◆ Your instructions:
Each line from the one containing "let mut chain = Chain::new(alloc);" through the end of the entries below must be output exactly; no other line belongs.

*** Opening of Data records ***

ghost use Rattle.std.specs.Prelude.{◌≡◌, ◌<◌};

use im_values::{Row, Seen, Steps, Value};
use im_versions::Chain;
use std::alloc::Global;
use std::marker::Brand;
use std::sync::ledger::{Blank, Ledger};
use std::test::Fail;
use std::thread::Threads;

/// Puts a row of one number, or none, on top. It answers whether the SCN was later than the last.
fn put(alloc: Global, chain: &mut Chain, scn: u64, number: Option<i64>) -> Result<bool, Fail> {
    let row = match number {
        Some(number) => {
            let mut values = Vec::new(alloc);
            values.push(Value::int(number))?;
            Some(Row::of(values))
        }
        None => None,
    };
    chain.reserve()?;
    match chain.latest() {
        Some(last) if last >= scn => Ok(false),
        _ => {
            chain.push(scn, row);
            Ok(true)
        }
    }
}

/// The number of a row of one.
fn number(row: Option<&Row>) -> Option<i64> {
    match row?.values().first()?.seen() {
        Seen::Int(number) => Some(number),
        _ => None,
    }
}

/// Whether the chain has each of these rows at its SCN.
fn has_rows<R: Threads, L: Ledger>(
    rt: &R,
    blank: Blank,
    chain: &Chain,
    rows: &[(u64, Option<i64>)],
) -> bool
    requires name { blank.name ≡ L.name }
    requires parts { blank.parts ≡ L.parts }
    requires some { 0 < blank.parts }
{
    let mut steps = Steps::<L>::new(rt, blank);
    for (scn, row) in rows {
        if number(chain.at(*scn, &mut steps)) != *row {
            return false;
        }
    }
    true
}

/// Makes room for one version, at the second try where memory runs out at the first.
///
/// It answers whether the chain has these rows, and the same newest version, after the first try.
fn reserve_twice<R: Threads, L: Ledger>(
    rt: &R,
    blank: Blank,
    chain: &mut Chain,
    rows: &[(u64, Option<i64>)],
) -> Result<bool, Fail>
    requires name { blank.name ≡ L.name }
    requires parts { blank.parts ≡ L.parts }
    requires some { 0 < blank.parts }
{
    let latest = chain.latest();
    let lacks = chain.reserve().is_err();
    let is_as_before = chain.latest() == latest && has_rows::<R, L>(rt, blank, chain, rows);
    if lacks {
        chain.reserve()?;
    }
    Ok(is_as_before)
}

#[test]
fn a_chain_that_lacks_memory_for_a_version_has_the_rows_that_it_had(
    rt: HostRuntime,
) -> Result<(), Fail> {
    let alloc = rt.alloc();
    let mut chain = Chain::new(alloc);
    let mut rows = Vec::new(alloc);
    rows.push((0, None))?;
    for i in 1..20 {
        let row = if i % 3 == 0 { None } else { Some(i as i64) };
        assert!(rt;
            reserve_twice::<HostRuntime, Brand>(&rt, Blank::new(1), &mut chain, rows.as_slice())?
        );
        assert!(rt; put(alloc, &mut chain, 2 * i, row)?);
        rows.push((2 * i, row))?;
        rows.push((2 * i + 1, row))?;
    }
    assert!(rt; has_rows::<HostRuntime, Brand>(&rt, Blank::new(1), &chain, rows.as_slice()));
    Ok(())
}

*** Close of Data records ***

◆ Written solution:
    let mut chain = Chain::new(alloc);
    let mut rows = Vec::new(alloc);
    rows.push((0, None))?;
    for i in 1..20 {
        let row = if i % 3 == 0 { None } else { Some(i as i64) };
        assert!(rt;
            reserve_twice::<HostRuntime, Brand>(&rt, Blank::new(1), &mut chain, rows.as_slice())?
        );
        assert!(rt; put(alloc, &mut chain, 2 * i, row)?);
        rows.push((2 * i, row))?;
        rows.push((2 * i + 1, row))?;
    }
    assert!(rt; has_rows::<HostRuntime, Brand>(&rt, Blank::new(1), &chain, rows.as_slice()));
    Ok(())
}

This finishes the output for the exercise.